The result will contain the id of the newly created sync job. This id can be used to start and stop the job.

To start the job:

Method: POST
Path: /context-sql-sync/syncjob/{id}/start
Authorization header: Bearer [access_token]

To stop a job:

Method: POST
Path: /context-sql-sync/syncjob/{id}/stop
Authorization header: Bearer [access_token]

After the job is started, the first time it is executed is calculated based on the syncJobInterval value. For example, if the job has syncJobInterval=10 and the job is started at 15:12, the initial job execution will happen at 15:20.

To get a list of all currently defined sync jobs:

Method: GET
Path: /context-sql-sync/syncjob
Authorization header: Bearer [access_token]

A sync job is started if its “scheduled” field is true.

 

Kerberos and Integrated Authentication

When integrated security should be used to connect to context items datasource, Kerberos must be configured and used by tm-context-sql-sync.

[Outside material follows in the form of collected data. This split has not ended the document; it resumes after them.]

//! Two workers on threads of their own.

ghost use Rattle.std.specs.Prelude.{◌≡◌};
ghost use Rattle.books_shared.specs.Traced.{openings_of};

use super::{Team, filled, gathered, outcome, start, team_of, two_setups};
use crate::START;
use books_shared::{Books, Share};
use floor_core::{Got, Slot};
use ilp_addr::Moment;
use meters::Meters;
use one_list::{Opened, Run};
use std::alloc::Global;
use std::marker::Brand;
use std::sync::Wait;
use std::sync::atomic::{AtomicU64, Ordering};
use std::test::Fail;
use std::thread;
use std::thread::Threads;
use tenant_core::TenantSetup;
use test_texts::frame;
use workers::{
    Clock, Gate, Job, Lane, Link, NothingKept, Outgoing, Point, Reply, StartFault, Tools, carry,
    run_workers,
};

/// The point at which worker 0 is kept until worker 1 has its answer settled.
#[derive(Clone, Copy, Debug, PartialEq, Eq)]
enum Place {
    /// At its gate, once it has sent.
    Gate,
    /// While its link sends.
    Link,
    /// While its clock is read, under its tenant's lock.
    Lock,
}

/// A meeting of two workers, the packets that they carry, and the answer to each. Worker 1 begins once worker 0 is
/// there.
#[derive(Drop)]
struct Meeting {
    acme: Vec<u8>,
    beta: Vec<u8>,
    answer: Vec<u8>,
    place: Place,
    // 1 once worker 0 is there.
    kept: AtomicU64,
    // 1 once worker 1 has its answer settled.
    settled: AtomicU64,
    // 1 once a worker has given up its wait for the other.
    given_up: AtomicU64,
}

impl Meeting {
    fn wait(&self, event: &AtomicU64) {
        for _ in 0..1_000_000u32 {
            if event.load(Ordering::SeqCst) == 1 {
                return;
            }
            thread::yield_now();
        }
        self.given_up.store(1, Ordering::SeqCst);
    }

    // Keeps worker 0 at the meeting's place.
    fn come(&self, worker: usize, place: Place) {
        if worker == 0 && place == self.place {
            self.kept.store(1, Ordering::SeqCst);
            self.wait(&self.settled);
        }
    }
}

impl Gate for Meeting {
    fn pass(&self, worker: usize, point: Point) {
        match point {
            Point::Loaded if worker == 1 => self.wait(&self.kept),
            Point::Sent => self.come(worker, Place::Gate),
            Point::Answered if worker == 1 => self.settled.store(1, Ordering::SeqCst),
            _ => {}
        }
    }
}

/// A worker's clock, which always gives the same moment.
#[derive(Clone, Copy)]
struct MetClock<'a> {
    meeting: &'a Meeting,
    worker: usize,
    moment: Moment,
}

impl Clock for MetClock<'_> {
    ghost gives = { λ clock moment. moment ≡ clock.moment };

    fn now(&self) -> Moment {
        self.meeting.come(self.worker, Place::Lock);
        self.moment
    }
}

/// A link of a worker, which has the answer for each packet.
#[derive(Drop)]
struct Fulfilling<'a> {
    meeting: &'a Meeting,
    worker: usize,
    sends: u64,
}

impl Link for Fulfilling<'_> {
    ghost sent = { λ link. link.sends };

    ghost sends_so = { λ before sending after. Unit {0} };

    fn sends(&self) -> u64 {
        self.sends
    }

    fn send(&mut self, _packet: Outgoing<'_>, out: &mut [u8]) -> Got {
        self.sends += 1;
        self.meeting.come(self.worker, Place::Link);
        filled(out, self.meeting.answer.as_slice())
    }
}

/// A worker that carries one packet of alice's for that tenant's bob.
#[derive(Drop)]
struct Carrier<'a, J: Run> {
    alloc: Global,
    books: &'a Books<J>,
    meeting: &'a Meeting,
    share: Share<J>,
    tenant: usize,
    // The status of its reply, or 0.
    code: u16,
}

// Carries the worker's packet, with meters and in a slot of its own.
fn carried<J: Run, R: Wait>(rt: &R, carrier: &mut Carrier<'_, J>) -> Option<Reply> {
    let (alloc, books, meeting) = (carrier.alloc, carrier.books, carrier.meeting);
    let tenant = carrier.tenant;
    if tenant >= books.tenants() || tenant >= 2 {
        return None;
    }
    let mut slot = Slot::new(alloc).ok()?;
    let (meters, mut seat) = Meters::new(alloc, 2).ok()?;
    let share = &mut carrier.share;
    let worker = share.worker();
    let clock = MetClock {
        meeting,
        worker,
        moment: Moment::new(START)?,
    };
    let mut link = Fulfilling {
        meeting,
        worker,
        sends: 0,
    };
    let packet = if tenant == 0 {
        &meeting.acme
    } else {
        &meeting.beta
    };
    let job = Job {
        tenant,
        token: b"tok-alice",
        frame: packet.as_slice(),
    };
    let tools = Tools {
        rt,
        alloc,
        books,
        meters: &meters,
        clock: &clock,
        keeping: &NothingKept,
    };
    Some(carry(&tools, &mut seat, &mut slot, share, &mut link, meeting, job))
}

impl<J: Run + Send + Sync> Lane for Carrier<'_, J> {
    ghost works = { λ before after. Unit {0} };

    fn work<R: Threads + Wait + Sync>(&mut self, rt: &R) {
        self.code = match carried(rt, self) {
            Some(reply) => reply.status().code(),
            None => 0,
        };
    }
}

fn new_carrier<'a, J: Run>(
    alloc: Global,
    books: &'a Books<J>,
    meeting: &'a Meeting,
    share: Share<J>,
    tenant: usize,
) -> Carrier<'a, J> {
    Carrier {
        alloc,
        books,
        meeting,
        share,
        tenant,
        code: 0,
    }
}

fn work_all<'a, J: Run + Send + Sync, R: Threads + Wait + Sync>(
    rt: &R,
    lanes: &mut [Carrier<'a, J>],
) -> Result<(), StartFault> {
    books_shared::laws::books_are_shared::<J>();
    run_workers(rt, lanes)
}

// Whether both replies have status 200.
fn are_good<J: Run>(lanes: &[Carrier<'_, J>]) -> bool {
    for lane in lanes {
        if lane.code != 200 {
            return false;
        }
    }
    lanes.len() == 2
}

fn shares_of<'a, J: Run>(alloc: Global, lanes: Vec<Carrier<'a, J>>) -> Result<Vec<Share<J>>, Fail> {
    let mut shares = Vec::new(alloc);
    for lane in lanes {
        shares.push(lane.share)?;
    }
    Ok(shares)
}

// Lets worker 0 carry BASE for acme, and worker 1 the same for that tenant: whether both replies have status 200, and their
// shares.
fn both_carried<'a, J: Run + Send + Sync, R: Threads + Wait + Sync>(
    rt: &R,
    alloc: Global,
    books: &'a Books<J>,
    meeting: &'a Meeting,
    first: Share<J>,
    second: Share<J>,
    tenant: usize,
) -> Result<(bool, Vec<Share<J>>), Fail> {
    let first = new_carrier(alloc, books, meeting, first, 0);
    let second = new_carrier(alloc, books, meeting, second, tenant);
    let mut lanes = vec![in alloc; first, second]?;
    work_all(rt, lanes.as_mut_slice())?;
    let are_good = are_good(lanes.as_slice());
    Ok((are_good, shares_of(alloc, lanes)?))
}

fn new_meeting(alloc: Global, place: Place) -> Result<Meeting, Fail> {
    Ok(Meeting {
        acme: frame(alloc, "{base}")?,
        beta: frame(alloc, "{for beta}")?,
        answer: frame(alloc, "{fulfill}")?,
        place,
        kept: AtomicU64::new(0),
        settled: AtomicU64::new(0),
        given_up: AtomicU64::new(0),
    })
}

/// Worker 1 carries its packet for that tenant while worker 0 is kept there, and then acme's balances and its book's number
/// are these.
#[derive(Drop)]
struct Together {
    place: Place,
    tenant: usize,
    gathered: (i64, i64, u64, u64, u64),
}

// Lets both carry, on the books of acme and beta, and says whether the outcome is the expected one. This is no
// `Trial`: nothing is proved of a method that starts threads with what its own bounds give it.
fn carry_together<R: Threads + Wait + Sync>(
    rt: &R,
    alloc: Global,
    together: &Together,
) -> Result<bool, Fail> {
    let setups = two_setups(alloc, "64")?;
    let opened = Opened::new(alloc, 2, 2)?;
    carry_on_books::<Brand, R>(rt, alloc, opened, &setups, start()?, together)
}

fn carry_on_books<J: Run + Send + Sync, R: Threads + Wait + Sync>(
    rt: &R,
    alloc: Global,
    opened: Opened,
    setups: &[TenantSetup; 2],
    start: Moment,
    together: &Together,
) -> Result<bool, Fail>
    requires list { (opened.table ≡ J.table) × (opened.size ≡ J.size) }
    requires size { J.size ≡ record { tenants = 2; workers = 2 } }
    requires openings { J.openings ≡ openings_of setups.now start }
{
    let Team {
        books,
        first,
        second,
    } = team_of::<J>(alloc, opened, setups, start)?;
    let meeting = new_meeting(alloc, together.place)?;
    let (are_good, shares) = both_carried(
        rt,
        alloc,
        &books,
        &meeting,
        first,
        second,
        together.tenant,
    )?;
    let is_met = are_good && meeting.given_up.load(Ordering::SeqCst) == 0;
    let books = gathered(alloc, books, shares)?;
    Ok(is_met && outcome(books.as_slice()) == Some(together.gathered))
}

#[test]
fn a_tenant_does_not_wait_for_another(rt: HostRuntime) -> Result<(), Fail> {
    let together = Together {
        place: Place::Gate,
        tenant: 1,
        gathered: (1_000, -1_500, 0, 0, 2),
    };
    assert!(rt; carry_together(&rt, rt.alloc(), &together)?);
    Ok(())
}

#[test]
fn a_lock_keeps_no_other_tenant_waiting(rt: HostRuntime) -> Result<(), Fail> {
    let together = Together {
        place: Place::Lock,
        tenant: 1,
        gathered: (1_000, -1_500, 0, 0, 2),
    };
    assert!(rt; carry_together(&rt, rt.alloc(), &together)?);
    Ok(())
}

#[test]
fn no_lock_is_held_over_a_send(rt: HostRuntime) -> Result<(), Fail> {
    let together = Together {
        place: Place::Link,
        tenant: 0,
        gathered: (2_000, -3_000, 0, 0, 4),
    };
    assert!(rt; carry_together(&rt, rt.alloc(), &together)?);
    Ok(())
}
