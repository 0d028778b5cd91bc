//! Tests of the libraries that hold no handle and read no scripts, as tables of cases: of single values, of setups and
//! the text of commands, of the books of tenants, and of floors on which workers carry packets.
//!
//! The crate has only tests: a crate with tests is proved twice, so the crates below have none of their own.
#![tactic(auto)]

#[cfg(test)]
mod books;
#[cfg(test)]
mod floors;
#[cfg(test)]
mod setups;
#[cfg(test)]
mod values;
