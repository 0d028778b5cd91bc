//! Receipts of what a worker did, and their audit.

use super::commands::closed;
use super::packets::{FULFILLED, is_carried};
use super::{Team, Trial, on_two_books};
use books_shared::Share;
use one_list::Run;
use receipts::{Audited, Receipt, audit};
use std::alloc::Global;
use std::slice;
use std::sync::Wait;
use std::test::Fail;
use tenant_core::Period;

// What an audit says of a period and the receipts of one worker.
fn audited(alloc: Global, period: &Period, receipts: &[Receipt]) -> Result<Audited, Fail> {
    Ok(audit(alloc, slice::from_ref(period), slice::from_ref(&receipts))?)
}

// Whether an audit finds three receipts of one period of one tenant.
fn is_complete<J: Run>(alloc: Global, period: &Period, share: &Share<J>) -> Result<bool, Fail> {
    let receipts = share.receipts().ok_or("receipts")?;
    let found = audited(alloc, period, receipts)?;
    Ok((found.tenants, found.periods, found.receipts) == (1, 1, 3))
}

// The same, once a packet is fulfilled and the period closed.
fn is_complete_in_the_end<J: Run, R: Wait + AllocGlobal>(
    rt: &R,
    team: &mut Team<J>,
) -> Result<bool, Fail> {
    let is_carried = is_carried(rt, team, &FULFILLED)?;
    let period = closed(rt, team)?;
    Ok(is_carried && is_complete(rt.alloc(), &period, &team.first)?)
}

// How many receipts the share keeps.
fn receipts_of<J: Run>(share: &Share<J>) -> Option<usize> {
    let receipts = share.receipts()?;
    Some(receipts.len())
}

/// A packet of acme's is fulfilled, and the period closed: three receipts, which an audit finds complete.
struct Receipts;

impl Trial for Receipts {
    fn act<J: Run, R: Wait + AllocGlobal>(&self, rt: &R, mut team: Team<J>) -> Result<bool, Fail> {
        let is_complete = is_complete_in_the_end(rt, &mut team)?;
        Ok(is_complete && receipts_of(&team.second) == Some(0))
    }
}

#[test]
fn receipts_are_complete(rt: HostRuntime) -> Result<(), Fail> {
    assert!(rt; on_two_books(&rt, "64", &Receipts)?);
    Ok(())
}
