//! Setups whose tokens are hidden.

ghost use Rattle.std.specs.Prelude.{◌≡◌, ◌++◌, ◌∷◌, [], IfOk, OnOk};
ghost use Rattle.service.specs.Hidden.{hidden_line, hidden_text};

use crate::worker::answering::without_line_feed;
use http_link::parted;
use std::alloc::{AllocError, Global};

// A line of a setup, without the token that it may give.
fn hidden_line(line: &[u8]) -> &[u8]
    ensures { result.now ≡ hidden_line line.now }
{
    if line.starts_with(b"admin = ".as_slice()) {
        b"admin = \"hidden\""
    } else if line.starts_with(b"token = ".as_slice()) {
        b"token = \"hidden\""
    } else if line.starts_with(b"out_token = ".as_slice()) {
        b"out_token = \"hidden\""
    } else {
        line
    }
}

// Such a line, with its line feed.
fn put_line(text: &mut Vec<u8>, line: &[u8]) -> Result<(), AllocError>
    ensures { OnOk result (text.new.items ≡ text.old.items ++ (hidden_line line.now ++ 10 ∷ [])) }
{
    text.extend_from_slice(hidden_line(line))?;
    text.push(b'\n')?;
    Ok(())
}

/// The text of a setup, with `hidden` in place of each token, after a line that says so. The setup gives each token on a line of
/// its own. Fails only if it is out of memory.
pub fn hidden_text(alloc: Global, setup: &[u8]) -> Result<Vec<u8>, AllocError>
    ensures { IfOk result (λ text. text.items ≡ hidden_text setup.now) }
{
    let mut text = Vec::from_slice(alloc, b"# Tokens are hidden.\n")?;
    let mut rest = without_line_feed(setup);
    while let Some((line, after)) = parted(rest, b'\n') {
        put_line(&mut text, line)?;
        rest = after;
    }
    put_line(&mut text, rest)?;
    Ok(text)
}
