//! Single values through public functions: lengths, addresses, targets, packets, configurations, prices, purses, buckets,
//! breakers, routes, counts and logs of lines.

mod addresses;
mod breakers;
mod buckets;
mod ildcp;
mod lengths;
mod logs;
mod packets;
mod prices;
mod purses;
mod routes;
mod rows;
mod seats;
mod targets;
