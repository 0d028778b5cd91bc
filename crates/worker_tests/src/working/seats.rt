//! The words of the meters, counted through seats.

ghost use Rattle.std.specs.Prelude.{◌≡◌, ◌<◌, false};

use meters::{Kind, MeterSeat, Meters};
use std::test::Fail;
use std::thread;

// Counts so many answers for the first tenant.
fn counted(meters: &Meters, mut seat: MeterSeat, times: u32) -> MeterSeat
    requires here { seat.meters ≡ meters.now.id }
    requires plain { seat.first ≡ false }
    requires tenant { 0 < meters.now.tenants }
    ensures here { result.meters ≡ meters.now.id }
    ensures plain { result.first ≡ false }
{
    for _ in 0..times {
        let _ = meters.count(&mut seat, 0, Kind::Answered);
    }
    seat
}

#[test]
fn two_threads_count_one_word(rt: HostRuntime) -> Result<(), Fail> {
    let (meters, mut first) = Meters::new(rt.alloc(), 1)?;
    let one = meters.split(&mut first);
    let two = meters.split(&mut first);
    let (one, two) = thread::join(
        &rt,
        || counted(&meters, one, 3),
        || counted(&meters, two, 4),
    );
    meters.join(&mut first, one);
    meters.join(&mut first, two);
    assert!(rt; meters.close(first).get(0, Kind::Answered) == 7);
    Ok(())
}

  • Create Kerberos configuration file named krb5.conf.Example:

[libdefaults] 
default_realm = YYYY.CORP.CONTOSO.COM 
dns_lookup_realm = false 
dns_lookup_kdc = true 
ticket_lifetime = 24h 
forwardable = yes 

[domain_realm] 
.yyyy.corp.contoso.com = YYYY.CORP.CONTOSO.COM 
.zzzz.corp.contoso.com = ZZZZ.CORP.CONTOSO.COM  

[realms] 
       YYYY.CORP.CONTOSO.COM = {  
 kdc = krbtgt/YYYY.CORP. CONTOSO.COM @ YYYY.CORP. CONTOSO.COM  
 default_domain = YYYY.CORP. CONTOSO.COM  
}  

 ZZZZ.CORP. CONTOSO.COM = {  
 kdc = krbtgt/ZZZZ.CORP. CONTOSO.COM @ ZZZZ.CORP. CONTOSO.COM  
 default_domain = ZZZZ.CORP. CONTOSO.COM  
}  

  • Copy krb5.conf to Trendminer appliance folder, i.e. /mnt/data/fileserve
  • In Consul’s key/value store define property “java.security.krb5.conf” for tm-context-sql-sync service. Set it’s value to “./krb5.conf”
  • Configure datasource as follow:

{
       "name": "MSSQL_IntegratedSecurity",
       "jdbcUrl": "jdbc:sqlserver://tm-mssql21.yyyy.corp.contoso.com:1433;Integratedsecurity=true;authenticationScheme=JavaKerberos;databaseName=tm_context",
       "dbType": "MSSQL",
       "username": "user_name@YYYY.CORP.CONTOSO.COM",
       "password": "******"
}

Important notes 

  • The access token will expire after 12 hours. Best practice is to request an access token before every API call.
  • Only SQL Server 2008 and later are supported. Earlier versions of MS SQL may give the following error when executing the SQL query: “Cannot find data type datetimeoffset.”